ESTIMATION OF ENERGY LOADING OF METAL FRICTION ELEMENTS OF BRAKES
In the materials of this article the estimation of energy loading of metal friction elements of brakes is given and the following questions are considered: a design and work of frictional knots of brakes and their settlement schemes; internal and external parameters of metal-polymer friction pairs of tribosystems taking into account their energy load. It is established that the formation of the temperature regime of metal friction elements (rims of pulleys and drums, discs) of brake devices is significantly influenced by such factors as the ratio between their mass, heating (polished) and cooling (matte) and the rate of these processes. The quality and reliability of the created designs of friction units of brake devices depend on the processes, phenomena and effects that occur during the frictional interaction of the microprojections of their friction pairs. The contact of the microprojections is discrete in nature and is estimated by the dynamic coefficient of mutual overlap of friction pairs, and its value is up to 0.25 (for disc brake pads) and up to 0.75 (for drum and tape brake pads).
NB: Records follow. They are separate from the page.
ghost use Rattle.std.specs.Prelude.{◌≡◌};
ghost use Rattle.cwr_record.specs.Columns.{field_at, group_head_transaction_type};
ghost use Rattle.cwr_record.specs.Kinds.{work_kind_named};
ghost use Rattle.cwr_grammar.specs.Roles.{role_at, transaction_header, detail, is_dated};
ghost use Rattle.cwr_grammar.specs.Visiting.{leaves_open};

use cwr_field::{date, time};
use cwr_record::{
    FileTrailer, GroupHead, GroupTrailer, Header, Prefix, RecordType, WorkKind, digits_at, field_at,
};

/// A line by its role in a file: what its record opens, continues or closes, and the numbers that it states.
///
/// A number is `None` where its field is not all digits.
#[derive(Clone, Copy)]
pub(crate) enum Role {
    /// HDR: whether its dates and its time are valid.
    FileHeader(bool),
    /// GRH: the transaction type, `None` for one that is not read; the group id.
    GroupHeader(Option<WorkKind>, Option<u64>),
    /// The header of a transaction: its kind, `None` for one that is not read; transaction sequence; record sequence.
    TransactionHeader(Option<WorkKind>, Option<u64>, Option<u64>),
    /// A detail of a transaction: transaction sequence, record sequence.
    Detail(Option<u64>, Option<u64>),
    /// GRT: group id, transaction count, record count.
    GroupTrailer(Option<u64>, Option<u64>, Option<u64>),
    /// TRL: group count, transaction count, record count.
    FileTrailer(Option<u64>, Option<u64>, Option<u64>),
    /// No record type.
    Unnamed,
}

/// The role of a line with a record of this type.
#[inline(always)]
pub(crate) fn role_at(record_type: RecordType, line: &[u8]) -> Role
    ensures { result ≡ role_at record_type line.now }
{
    match record_type {
        RecordType::Hdr => Role::FileHeader(is_dated(line)),
        RecordType::Grh => Role::GroupHeader(group_kind(line), digits_at(line, GroupHead::GROUP)),
        RecordType::Grt => Role::GroupTrailer(
            digits_at(line, GroupTrailer::GROUP),
            digits_at(line, GroupTrailer::TRANSACTIONS),
            digits_at(line, GroupTrailer::RECORDS),
        ),
        RecordType::Trl => Role::FileTrailer(
            digits_at(line, FileTrailer::GROUPS),
            digits_at(line, FileTrailer::TRANSACTIONS),
            digits_at(line, FileTrailer::RECORDS),
        ),
        RecordType::Nwr => transaction_header(Some(WorkKind::Nwr), line),
        RecordType::Rev => transaction_header(Some(WorkKind::Rev), line),
        RecordType::Ack | RecordType::Other => transaction_header(None, line),
        RecordType::Spu
        | RecordType::Spt
        | RecordType::Opu
        | RecordType::Swr
        | RecordType::Swt
        | RecordType::Pwr
        | RecordType::Owr
        | RecordType::Alt
        | RecordType::Xrf
        | RecordType::Carried => detail(line),
        RecordType::Bad => Role::Unnamed,
    }
}

/// Whether a transaction is open after a line of a role.
#[inline(always)]
pub(crate) fn leaves_open(role: &Role) -> bool
    ensures { result ≡ leaves_open role.now }
{
    matches!(
        *role,
        Role::Detail(_, _) | Role::TransactionHeader(Some(_), _, _)
    )
}

fn transaction_header(kind: Option<WorkKind>, line: &[u8]) -> Role
    ensures { result ≡ transaction_header kind line.now }
{
    Role::TransactionHeader(
        kind,
        digits_at(line, Prefix::TRANSACTION),
        digits_at(line, Prefix::DETAIL),
    )
}

fn detail(line: &[u8]) -> Role
    ensures { result ≡ detail line.now }
{
    Role::Detail(
        digits_at(line, Prefix::TRANSACTION),
        digits_at(line, Prefix::DETAIL),
    )
}

/// The transaction type of a group header; `None` for one that is not read.
fn group_kind(line: &[u8]) -> Option<WorkKind>
    ensures { result ≡ work_kind_named (field_at line.now group_head_transaction_type) }
{
    WorkKind::named(&field_at(line, GroupHead::TRANSACTION_TYPE).bytes())
}

/// Whether the creation date, the creation time and the transmission date of a file header are valid.
fn is_dated(line: &[u8]) -> bool
    ensures { result ≡ is_dated line.now }
{
    let created = date(field_at(line, Header::CREATION_DATE)).is_some();
    let created_at = time(field_at(line, Header::CREATION_TIME)).is_some();
    let sent = date(field_at(line, Header::TRANSMISSION_DATE)).is_some();
    created && created_at && sent
}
According to the molecular-mechanical model of electrothermomechanical friction, the interaction of microroughnesses of the surfaces of friction bodies can be represented in the form of a narrow sliding of the actual contact areas (adhesive component). This is accompanied by the deformation of irregularities (deformation component), which causes their stress state. Therefore, heat release during friction is caused, on the one hand, by the destruction of adhesive bonds in the actual contact zones, and on the other hand - by the stress-strain state of microroughnesses. The choice of metal friction elements of different types of brake devices is mainly due to the level of energy load and operating conditions of the brakes. During braking, currents are generated and heat is accumulated in the surface layers of the working parts of the friction unit. These processes cause the greatest changes in the subsurface layers of friction pads. In the process of plastic deformation in materials, their structure and properties change. At the same time, the mechanical, dynamic and temperature gradients in the surface layers of metal-polymer friction pairs, the level of which depends on the braking modes, are constantly changing. In real conditions, metal-polymer friction pairs are subjected to the following thermal loads: pulse heating and slow natural cooling; heating and cooling at a high rate; slow heating and forced cooling; heating and cooling at a low rate. The rates of heating, natural and forced cooling of the working surfaces of metal-lopolymer friction pairs of brake devices are determined by their electrothermally stimulated processes of polarization and depolarization.